Description of the task. If a line in the records below contains "unbroken", copy that line.
Material shown section start
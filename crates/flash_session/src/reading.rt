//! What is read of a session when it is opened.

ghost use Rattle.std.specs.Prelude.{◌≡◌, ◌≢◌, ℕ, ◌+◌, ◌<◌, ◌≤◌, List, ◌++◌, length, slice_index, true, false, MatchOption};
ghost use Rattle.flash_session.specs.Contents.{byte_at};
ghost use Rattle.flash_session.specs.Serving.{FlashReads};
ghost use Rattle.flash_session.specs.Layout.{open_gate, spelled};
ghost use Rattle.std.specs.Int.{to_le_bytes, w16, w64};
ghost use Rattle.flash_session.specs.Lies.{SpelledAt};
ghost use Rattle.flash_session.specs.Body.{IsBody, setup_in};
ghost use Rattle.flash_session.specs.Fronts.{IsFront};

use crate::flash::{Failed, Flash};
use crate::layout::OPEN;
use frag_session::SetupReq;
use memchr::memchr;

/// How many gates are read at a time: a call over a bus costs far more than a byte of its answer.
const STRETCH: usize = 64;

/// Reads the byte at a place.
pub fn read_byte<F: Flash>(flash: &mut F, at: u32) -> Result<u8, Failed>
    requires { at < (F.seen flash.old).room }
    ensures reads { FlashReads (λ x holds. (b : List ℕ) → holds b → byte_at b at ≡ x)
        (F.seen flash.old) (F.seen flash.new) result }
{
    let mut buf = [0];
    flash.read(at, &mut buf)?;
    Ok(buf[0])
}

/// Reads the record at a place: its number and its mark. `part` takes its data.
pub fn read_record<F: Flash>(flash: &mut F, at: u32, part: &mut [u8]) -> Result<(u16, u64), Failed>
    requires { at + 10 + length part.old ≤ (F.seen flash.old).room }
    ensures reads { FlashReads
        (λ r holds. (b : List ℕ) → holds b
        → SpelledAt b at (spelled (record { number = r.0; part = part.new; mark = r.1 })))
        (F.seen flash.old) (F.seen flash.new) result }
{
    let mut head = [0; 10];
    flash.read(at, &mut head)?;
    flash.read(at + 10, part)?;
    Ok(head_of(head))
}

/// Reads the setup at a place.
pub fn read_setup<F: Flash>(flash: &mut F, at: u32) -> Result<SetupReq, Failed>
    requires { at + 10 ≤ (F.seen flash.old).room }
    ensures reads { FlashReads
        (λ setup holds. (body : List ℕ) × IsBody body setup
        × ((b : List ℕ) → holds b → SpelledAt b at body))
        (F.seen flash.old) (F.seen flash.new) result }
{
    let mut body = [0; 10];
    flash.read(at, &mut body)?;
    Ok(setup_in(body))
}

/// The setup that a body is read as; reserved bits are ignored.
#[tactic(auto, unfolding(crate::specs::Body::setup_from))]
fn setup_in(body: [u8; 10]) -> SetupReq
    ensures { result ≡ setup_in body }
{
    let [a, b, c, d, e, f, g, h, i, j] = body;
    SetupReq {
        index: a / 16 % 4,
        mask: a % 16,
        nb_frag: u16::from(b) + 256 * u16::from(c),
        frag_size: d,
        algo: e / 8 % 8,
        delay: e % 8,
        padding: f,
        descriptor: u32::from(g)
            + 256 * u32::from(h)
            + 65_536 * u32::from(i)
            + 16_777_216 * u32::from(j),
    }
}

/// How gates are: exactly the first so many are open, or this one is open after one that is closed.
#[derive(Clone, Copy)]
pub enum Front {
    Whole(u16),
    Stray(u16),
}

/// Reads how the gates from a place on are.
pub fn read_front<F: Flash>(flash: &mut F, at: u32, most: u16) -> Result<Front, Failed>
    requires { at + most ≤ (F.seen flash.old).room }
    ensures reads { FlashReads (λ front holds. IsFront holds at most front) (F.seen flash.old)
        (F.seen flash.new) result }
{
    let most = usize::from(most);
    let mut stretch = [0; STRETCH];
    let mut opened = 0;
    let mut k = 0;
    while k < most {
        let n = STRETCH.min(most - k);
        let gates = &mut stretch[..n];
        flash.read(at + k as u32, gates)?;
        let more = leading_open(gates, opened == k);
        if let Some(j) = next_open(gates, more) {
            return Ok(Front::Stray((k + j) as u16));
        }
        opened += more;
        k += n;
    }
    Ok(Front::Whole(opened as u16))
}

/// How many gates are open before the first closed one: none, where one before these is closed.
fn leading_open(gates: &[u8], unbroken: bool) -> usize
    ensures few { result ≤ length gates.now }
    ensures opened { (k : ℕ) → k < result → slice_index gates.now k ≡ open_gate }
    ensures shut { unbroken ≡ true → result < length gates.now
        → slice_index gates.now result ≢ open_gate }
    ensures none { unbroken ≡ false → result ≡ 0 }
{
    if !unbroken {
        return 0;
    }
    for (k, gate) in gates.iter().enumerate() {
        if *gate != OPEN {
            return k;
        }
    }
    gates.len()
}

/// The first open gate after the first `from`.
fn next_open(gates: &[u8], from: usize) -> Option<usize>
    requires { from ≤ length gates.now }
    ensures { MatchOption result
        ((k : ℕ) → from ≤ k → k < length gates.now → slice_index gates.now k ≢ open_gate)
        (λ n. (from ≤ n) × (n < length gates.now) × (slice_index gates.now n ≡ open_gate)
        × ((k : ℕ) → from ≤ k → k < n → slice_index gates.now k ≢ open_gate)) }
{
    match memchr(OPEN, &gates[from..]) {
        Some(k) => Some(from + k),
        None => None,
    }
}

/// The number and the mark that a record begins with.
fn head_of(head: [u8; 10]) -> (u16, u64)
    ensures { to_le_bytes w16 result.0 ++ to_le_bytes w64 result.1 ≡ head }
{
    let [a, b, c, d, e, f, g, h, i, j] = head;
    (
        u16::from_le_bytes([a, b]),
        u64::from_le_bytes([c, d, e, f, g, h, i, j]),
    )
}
Material shown section end
Solution to this problem.
fn leading_open(gates: &[u8], unbroken: bool) -> usize
    ensures shut { unbroken ≡ true → result < length gates.now
    ensures none { unbroken ≡ false → result ≡ 0 }
    if !unbroken {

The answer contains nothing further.